Considerado o segundo maior bioma brasileiro, com uma área total de cerca de 2 mil km² distribuídos em mais de 10 estados do país, o Cerrado é conhecido como a savana mais biodiversa de todo o mundo, apresentando flora bastante endêmica e sendo por tal considerado um dos hotspots mundiais presentes no nosso país, juntamente com a Mata Atlântica.
Especialistas apontam que esse endemismo e grande biodiversidade no Cerrado podem ser resultados de aspectos relacionados ao clima, ao solo e ao regime natural de fogo característico do bioma, desaconselhando a supressão total deste elemento em projetos de conservação. Mas as recorrentes queimadas causadas pela ação humana colocam em risco a preservação do Cerrado e toda a importância socioeconômica que o bioma representa para o Brasil.
Características gerais do Cerrado
Localizado basicamente no Planalto Central Brasileiro, o Cerrado abrange os estados de Goiás, Tocantins, Distrito Federal, Bahia, Ceará, Maranhão, Mato Grosso, Mato Grosso do Sul, Minas Gerais, Piauí, Rondônia e São Paulo. É caracterizado pelo clima tropical, com temperaturas anuais variando entre 22 e 23ºC e duas estações bem definidas: verões chuvosos e invernos secos. Já os índices de precipitações anuais apresentam médias entre 1200 e 1800 mm, com a quantidade média de chuva podendo atingir de 30 a até 0 mm em meses de seca.
Em relação à diversidade faunística, o Cerrado apresenta mais de 3 mil espécies de animais, incluindo mamíferos, aves, répteis, anfíbios e peixes. Além disso, há também uma imensa diversidade de invertebrados, com mais de 12 mil espécies do grupo documentadas e diversos outros invertebrados ainda não devidamente documentados.
Tratando-se por fim da vegetação, o Cerrado apresenta diversas fitofisionomias com características distintas e, em alguns casos, altamente endêmicas, em todo o seu domínio, que podem ser divididas em:
Formações Florestais: Matas de Galeria, Matas Ciliares, Matas Secas e Cerradão;
Formações Savânicas: Cerrado sensu stricto, Veredas, Parque de Cerrado e Palmeiral;
Formações Campestres: Campo Sujo, Campo Limpo e Campo Rupestre.
Atualmente, o Cerrado é considerado o segundo bioma mais ameaçado do Brasil, pois cerca de 50% a 80% de suas áreas encontram-se degradadas ou em uso para agropecuária, e pouco menos de 4,5% está protegido em Unidades de Conservação.
Histórico e mecanismos das queimadas naturais
Os registros da ocorrência de queimadas naturais no Cerrado datam de cerca de 32 mil anos atrás, no final da época geológica conhecida como Pleistoceno e antes da ocupação humana nas Américas. Isso sugere que o fogo já vem desempenhando, ao longo de milhares de anos, um importante papel na forma como as fitofisionomias são compostas e distribuídas em toda a extensão do bioma, visto que a maior parte delas são tidas como ecossistemas dependentes de fogo.
Adaptações apresentadas pela flora como, por exemplo, caules espessos em espécies arbóreas/arbustivas e sistemas subterrâneos altamente desenvolvidos em espécies sub lenhosas/herbáceas, também evidenciam a evolução de boa parte plantas do Cerrado em função do fogo.
Em geral, as queimadas naturais ocorrem logo no início da estação chuvosa e são ocasionados pela ocorrência de raios e pelo acúmulo da serrapilheira seca e inflamável. Esses incêndios são sucedidos por chuvas intensas, o que permite que a vegetação nativa rebrote normalmente. Assim, pode-se concluir que a sazonalidade natural do regime de fogo é um fator determinante no papel desse elemento para a conservação da biodiversidade do Cerrado.

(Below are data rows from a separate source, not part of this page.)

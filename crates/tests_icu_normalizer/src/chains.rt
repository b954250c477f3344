//! Long chains of mappings, each to the next character, which are judged in time: a check that looks at all mappings again
//! for each that it settles takes minutes for one of these.

use icu_normalizer_core::canonical::{CanonicalData, CanonicalDataError, CanonicalFault};
use samples_icu_normalizer::tables::{PAIRS, STEPS, tables};
use std::alloc::{AllocError, Global};

/// The first character of a chain, its middle, and what is after its last.
const FIRST: u32 = 0x2_0000;

const MIDDLE: u32 = 0x2_c000;

const END: u32 = 0x3_8000;

/// A chain from each character to the one above it, or below it, at the end of which stands the letter a; or, where it
/// loops, the middle one is mapped to itself.
#[derive(Clone, Copy)]
struct Chain {
    rises: bool,
    loops: bool,
}

impl Chain {
    /// What a character of the chain is mapped to.
    fn target(self, c: u32) -> u32 {
        if self.loops && c == MIDDLE {
            return c;
        }
        let next = if self.rises {
            c.wrapping_add(1)
        } else {
            c.wrapping_sub(1)
        };
        if (FIRST..END).contains(&next) {
            next
        } else {
            0x61
        }
    }

    /// The mappings of the worked rows, and those of the chain after them.
    fn steps(self, alloc: Global) -> Result<Vec<u32>, AllocError> {
        let mut steps = STEPS.to_vec(alloc)?;
        for c in FIRST..END {
            steps.push(c)?;
            steps.push(self.target(c))?;
            steps.push(0x11_0000)?;
        }
        Ok(steps)
    }

    /// Whether tables with the chain, whose words say of each of its characters that the letter a is left of it, are
    /// refused for this, or accepted where it is `None`.
    fn is_judged(self, alloc: Global, expected: Option<CanonicalFault>) -> bool {
        let Ok(words) = words(alloc) else {
            return false;
        };
        let Ok(steps) = self.steps(alloc) else {
            return false;
        };
        let Some(tables) = tables(alloc, &words, &steps, &PAIRS) else {
            return false;
        };
        match CanonicalData::try_new(alloc, tables) {
            Ok(_) => expected.is_none(),
            Err(CanonicalDataError::Fault(fault)) => expected == Some(fault),
            Err(CanonicalDataError::Memory) => false,
        }
    }
}

/// The words of the characters of a chain.
fn words(alloc: Global) -> Result<Vec<(u32, u32)>, AllocError> {
    let mut words = Vec::new(alloc);
    for c in FIRST..END {
        words.push((c, 0x61))?;
    }
    Ok(words)
}

#[test]
fn rising_chain(rt: HostRuntime) {
    let chain = Chain {
        rises: true,
        loops: false,
    };
    assert!(rt; chain.is_judged(rt.alloc(), None));
}

#[test]
fn falling_chain(rt: HostRuntime) {
    let chain = Chain {
        rises: false,
        loops: false,
    };
    assert!(rt; chain.is_judged(rt.alloc(), None));
}

#[test]
fn rising_chain_with_a_loop(rt: HostRuntime) {
    let chain = Chain {
        rises: true,
        loops: true,
    };
    // Each from the first to the middle leads into the loop.
    let loops = CanonicalFault::Loop('\u{20000}');
    assert!(rt; chain.is_judged(rt.alloc(), Some(loops)));
}

#[test]
fn falling_chain_with_a_loop(rt: HostRuntime) {
    let chain = Chain {
        rises: false,
        loops: true,
    };
    // Each from the middle on leads into the loop.
    let loops = CanonicalFault::Loop('\u{2c000}');
    assert!(rt; chain.is_judged(rt.alloc(), Some(loops)));
}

Impactos das ações antrópicas
Quando o fogo ocorre de forma natural na época mais propícia do ano, ele representa o renascimento e manutenção da diversidade. Porém, quando é causado pela ação humana, o que tem se tornado cada vez mais comum, passa a representar um sério risco para o bioma.
De acordo com o Programa Queimadas, do Instituto Nacional de Pesquisas Espaciais (INPE), foram detectados 17.582 focos de queimadas no Cerrado entre janeiro e julho de 2022, o que representa um aumento de 6% em comparação ao mesmo período em 2021 e um aumento de 24% em relação à média dos últimos 10 anos.
Em relação à área queimada, entre janeiro e junho deste ano foram atingidos 21.346 km², um aumento de 16% em comparação a junho do ano passado. Tais aumentos se relacionam fortemente tanto ao avanço do agronegócio no bioma, que muitas vezes utiliza-se de um manejo inadequado do fogo para expandir de fronteiras agrícolas e renovar pastagens e áreas de plantio, quanto às mudanças climáticas causadas pelo também crescente desmatamento que assola o Cerrado nos últimos anos.
À respeito da vegetação, o aumento na frequência e na intensidade das ocorrências de incêndios no Cerrado representam uma quebra na sazonalidade do regime natural de fogo, o que prejudica severamente fitofisionomias mais vulneráveis ao fogo como, por exemplo, as Matas de Galeria e as Matas Ciliares, e afeta a regeneração natural das espécies. Tais impactos geram fragmentação e degradação de hábitats e perdas em biodiversidade, o que é extremamente alarmante devido ao alto índice de endemismo florístico da região.
Já em relação à fauna, as queimadas causam muita mortalidade diretamente pelas queimaduras, atingindo geralmente mamíferos de grande porte. Além disso, elas também reduzem a oferta de alimentos e hábitats, impactando assim populações de pequenos mamíferos, aves, répteis, invertebrados e demais grupos. Esse quadro é agravado pelo fato de ainda cerca de 130 espécies de animais do Cerrado estarem ameaçadas de extinção.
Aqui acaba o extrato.